··· Entries supplied

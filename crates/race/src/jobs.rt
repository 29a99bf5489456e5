//! Jobs, of the commands that are asked of them.

ghost use Rattle.std.specs.Prelude.{◌<◌, [], All, IfOk, OnOk, map};
ghost use Rattle.shell_lines.specs.declared.race_line.TheConstants.{JOBS};
ghost use Rattle.race.specs.Jobs.{AddsJob, AreJobsOf};
ghost use Rattle.race.specs.Lists.{AreListsOf};

use bw_model::Command;
use shell_lines::{JOBS, JobCommand};
use std::alloc::{AllocError, Global};
use workers::Job;

/// A list for each job number, empty.
fn no_lists(alloc: Global) -> Result<Vec<Vec<Command>>, AllocError>
    ensures { IfOk result (λ lists. AreListsOf [] (map (λ list. list.items) lists.items)) }
{
    let mut lists = Vec::new(alloc);
    for _number in 0..JOBS {
        lists.push(Vec::new(alloc))?;
    }
    Ok(lists)
}

/// The commands of each job number, in order.
fn lists_of(alloc: Global, asked: Vec<JobCommand>) -> Result<Vec<Vec<Command>>, AllocError>
    requires { All (λ asks. asks.job < JOBS) asked.items }
    ensures { IfOk result (λ lists. AreListsOf asked.items (map (λ list. list.items) lists.items)) }
{
    let mut lists = no_lists(alloc)?;
    for asks in asked {
        lists[asks.job as usize].push(asks.command)?;
    }
    Ok(lists)
}

/// Adds the job of this number, if it has commands.
fn add_job(jobs: &mut Vec<Job>, number: u32, commands: Vec<Command>) -> Result<(), AllocError>
    ensures { OnOk result (AddsJob jobs.old.items number commands.items jobs.new.items) }
{
    if commands.is_empty() {
        return Ok(());
    }
    jobs.push(Job { number, commands })?;
    Ok(())
}

/// The jobs that are asked for.
pub fn jobs_of(alloc: Global, asked: Vec<JobCommand>) -> Result<Vec<Job>, AllocError>
    requires { All (λ asks. asks.job < JOBS) asked.items }
    ensures { IfOk result (λ jobs. AreJobsOf asked.items jobs.items) }
{
    let lists = lists_of(alloc, asked)?;
    let mut jobs = Vec::new(alloc);
    let mut number = 0;
    for commands in lists {
        add_job(&mut jobs, number, commands)?;
        number += 1;
    }
    Ok(jobs)
}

······

Exercise directions => Every line above has to be restated word for word.

Exercise result =>
filename crates/race/src/jobs.rt
repository 29a99bf5489456e5
//! Jobs, of the commands that are asked of them.

ghost use Rattle.std.specs.Prelude.{◌<◌, [], All, IfOk, OnOk, map};
ghost use Rattle.shell_lines.specs.declared.race_line.TheConstants.{JOBS};
ghost use Rattle.race.specs.Jobs.{AddsJob, AreJobsOf};
ghost use Rattle.race.specs.Lists.{AreListsOf};

use bw_model::Command;
use shell_lines::{JOBS, JobCommand};
use std::alloc::{AllocError, Global};
use workers::Job;

/// A list for each job number, empty.
fn no_lists(alloc: Global) -> Result<Vec<Vec<Command>>, AllocError>
    ensures { IfOk result (λ lists. AreListsOf [] (map (λ list. list.items) lists.items)) }
{
    let mut lists = Vec::new(alloc);
    for _number in 0..JOBS {
        lists.push(Vec::new(alloc))?;
    }
    Ok(lists)
}

/// The commands of each job number, in order.
fn lists_of(alloc: Global, asked: Vec<JobCommand>) -> Result<Vec<Vec<Command>>, AllocError>
    requires { All (λ asks. asks.job < JOBS) asked.items }
    ensures { IfOk result (λ lists. AreListsOf asked.items (map (λ list. list.items) lists.items)) }
{
    let mut lists = no_lists(alloc)?;
    for asks in asked {
        lists[asks.job as usize].push(asks.command)?;
    }
    Ok(lists)
}

/// Adds the job of this number, if it has commands.
fn add_job(jobs: &mut Vec<Job>, number: u32, commands: Vec<Command>) -> Result<(), AllocError>
    ensures { OnOk result (AddsJob jobs.old.items number commands.items jobs.new.items) }
{
    if commands.is_empty() {
        return Ok(());
    }
    jobs.push(Job { number, commands })?;
    Ok(())
}

/// The jobs that are asked for.
pub fn jobs_of(alloc: Global, asked: Vec<JobCommand>) -> Result<Vec<Job>, AllocError>
    requires { All (λ asks. asks.job < JOBS) asked.items }
    ensures { IfOk result (λ jobs. AreJobsOf asked.items jobs.items) }
{
    let lists = lists_of(alloc, asked)?;
    let mut jobs = Vec::new(alloc);
    let mut number = 0;
    for commands in lists {
        add_job(&mut jobs, number, commands)?;
        number += 1;
    }
    Ok(jobs)
}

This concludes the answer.